How to complete this task: Pick each line that has "filename" out of the records.

────────────────

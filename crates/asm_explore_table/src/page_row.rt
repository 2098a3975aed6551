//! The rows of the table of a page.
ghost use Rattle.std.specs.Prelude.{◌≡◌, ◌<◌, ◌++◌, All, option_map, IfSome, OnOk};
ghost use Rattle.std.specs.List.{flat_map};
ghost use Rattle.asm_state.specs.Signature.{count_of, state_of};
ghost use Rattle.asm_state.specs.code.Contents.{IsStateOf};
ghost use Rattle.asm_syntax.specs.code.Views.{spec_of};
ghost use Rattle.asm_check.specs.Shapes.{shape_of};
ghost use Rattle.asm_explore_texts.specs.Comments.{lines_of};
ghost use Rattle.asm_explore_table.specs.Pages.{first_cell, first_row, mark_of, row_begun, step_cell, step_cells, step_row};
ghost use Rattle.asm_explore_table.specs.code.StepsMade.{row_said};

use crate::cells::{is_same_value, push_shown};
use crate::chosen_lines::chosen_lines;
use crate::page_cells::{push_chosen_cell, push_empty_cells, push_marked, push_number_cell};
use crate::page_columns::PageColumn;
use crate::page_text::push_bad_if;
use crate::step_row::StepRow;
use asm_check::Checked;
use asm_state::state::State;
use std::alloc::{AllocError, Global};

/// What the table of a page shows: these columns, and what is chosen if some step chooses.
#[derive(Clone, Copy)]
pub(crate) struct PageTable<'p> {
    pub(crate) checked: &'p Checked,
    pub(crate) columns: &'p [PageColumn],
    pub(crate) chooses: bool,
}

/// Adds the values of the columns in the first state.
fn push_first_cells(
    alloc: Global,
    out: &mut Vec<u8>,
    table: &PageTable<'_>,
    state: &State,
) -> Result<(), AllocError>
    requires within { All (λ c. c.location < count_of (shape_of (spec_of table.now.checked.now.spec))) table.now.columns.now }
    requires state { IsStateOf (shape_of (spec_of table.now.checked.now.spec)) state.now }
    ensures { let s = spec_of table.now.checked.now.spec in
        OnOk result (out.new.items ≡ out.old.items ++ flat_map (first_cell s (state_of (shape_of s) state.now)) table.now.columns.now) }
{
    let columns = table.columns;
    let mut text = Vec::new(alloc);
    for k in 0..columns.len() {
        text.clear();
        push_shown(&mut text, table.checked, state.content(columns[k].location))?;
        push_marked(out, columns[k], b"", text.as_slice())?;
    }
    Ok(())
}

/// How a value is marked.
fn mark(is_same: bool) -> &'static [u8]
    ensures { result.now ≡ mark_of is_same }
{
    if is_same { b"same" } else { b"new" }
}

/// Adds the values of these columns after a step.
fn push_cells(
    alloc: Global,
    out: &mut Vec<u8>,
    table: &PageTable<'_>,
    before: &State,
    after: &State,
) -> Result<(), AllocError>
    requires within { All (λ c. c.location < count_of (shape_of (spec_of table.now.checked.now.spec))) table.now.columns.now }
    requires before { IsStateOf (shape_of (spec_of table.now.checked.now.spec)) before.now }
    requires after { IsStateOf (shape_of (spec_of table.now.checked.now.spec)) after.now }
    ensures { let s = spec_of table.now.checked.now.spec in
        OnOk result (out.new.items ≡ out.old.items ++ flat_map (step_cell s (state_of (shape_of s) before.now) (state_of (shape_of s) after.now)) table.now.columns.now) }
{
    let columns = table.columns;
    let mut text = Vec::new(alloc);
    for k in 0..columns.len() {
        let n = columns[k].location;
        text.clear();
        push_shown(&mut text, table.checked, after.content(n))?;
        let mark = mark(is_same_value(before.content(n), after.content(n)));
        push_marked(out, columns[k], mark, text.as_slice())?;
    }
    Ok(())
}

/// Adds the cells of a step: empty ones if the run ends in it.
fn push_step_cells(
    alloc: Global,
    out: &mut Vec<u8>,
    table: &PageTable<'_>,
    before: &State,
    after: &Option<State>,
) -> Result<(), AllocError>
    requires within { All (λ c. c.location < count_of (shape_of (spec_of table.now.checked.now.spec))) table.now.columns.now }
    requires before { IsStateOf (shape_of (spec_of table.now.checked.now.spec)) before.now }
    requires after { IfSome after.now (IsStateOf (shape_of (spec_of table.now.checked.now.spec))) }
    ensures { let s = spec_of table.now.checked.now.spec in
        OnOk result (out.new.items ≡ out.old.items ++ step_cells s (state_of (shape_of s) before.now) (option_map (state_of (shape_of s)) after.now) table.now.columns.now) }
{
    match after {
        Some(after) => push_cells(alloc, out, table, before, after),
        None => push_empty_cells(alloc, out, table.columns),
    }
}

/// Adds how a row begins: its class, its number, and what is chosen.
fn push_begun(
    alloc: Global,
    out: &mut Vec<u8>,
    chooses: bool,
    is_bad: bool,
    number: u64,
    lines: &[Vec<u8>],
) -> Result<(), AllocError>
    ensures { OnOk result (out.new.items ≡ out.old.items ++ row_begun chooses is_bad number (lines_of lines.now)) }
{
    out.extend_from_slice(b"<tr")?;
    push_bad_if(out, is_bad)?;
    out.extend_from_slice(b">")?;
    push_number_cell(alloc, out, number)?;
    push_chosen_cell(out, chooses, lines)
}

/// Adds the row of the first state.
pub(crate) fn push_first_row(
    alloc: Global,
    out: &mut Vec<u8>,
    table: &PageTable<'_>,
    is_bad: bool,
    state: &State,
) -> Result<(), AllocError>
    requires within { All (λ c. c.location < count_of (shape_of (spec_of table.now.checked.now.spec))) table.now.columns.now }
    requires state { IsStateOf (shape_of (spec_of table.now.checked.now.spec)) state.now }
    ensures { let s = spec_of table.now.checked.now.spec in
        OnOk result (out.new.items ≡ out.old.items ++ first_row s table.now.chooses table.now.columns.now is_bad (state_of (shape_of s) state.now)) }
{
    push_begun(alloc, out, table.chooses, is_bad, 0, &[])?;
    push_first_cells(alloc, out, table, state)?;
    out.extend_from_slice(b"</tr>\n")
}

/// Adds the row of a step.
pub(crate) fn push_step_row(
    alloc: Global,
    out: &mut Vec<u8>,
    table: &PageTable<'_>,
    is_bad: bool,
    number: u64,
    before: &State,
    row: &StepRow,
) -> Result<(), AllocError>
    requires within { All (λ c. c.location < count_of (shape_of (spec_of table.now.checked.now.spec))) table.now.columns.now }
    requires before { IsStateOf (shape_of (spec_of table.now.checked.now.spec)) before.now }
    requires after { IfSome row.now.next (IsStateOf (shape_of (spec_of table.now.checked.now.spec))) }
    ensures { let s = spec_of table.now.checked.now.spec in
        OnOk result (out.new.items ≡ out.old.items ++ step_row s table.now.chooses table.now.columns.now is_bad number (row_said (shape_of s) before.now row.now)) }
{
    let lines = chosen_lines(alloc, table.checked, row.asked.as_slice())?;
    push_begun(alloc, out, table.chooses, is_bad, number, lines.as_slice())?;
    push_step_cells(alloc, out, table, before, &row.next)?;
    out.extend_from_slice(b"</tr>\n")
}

────────────────

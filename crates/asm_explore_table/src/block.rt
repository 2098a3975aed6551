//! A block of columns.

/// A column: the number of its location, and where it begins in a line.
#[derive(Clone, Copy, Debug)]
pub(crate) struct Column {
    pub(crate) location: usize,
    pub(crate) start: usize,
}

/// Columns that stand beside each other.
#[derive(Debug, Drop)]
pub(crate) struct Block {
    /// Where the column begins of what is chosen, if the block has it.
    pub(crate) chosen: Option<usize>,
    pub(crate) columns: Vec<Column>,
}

────────────────

Response area:
filename crates/asm_explore_table/src/page_row.rt
filename crates/asm_explore_table/src/block.rt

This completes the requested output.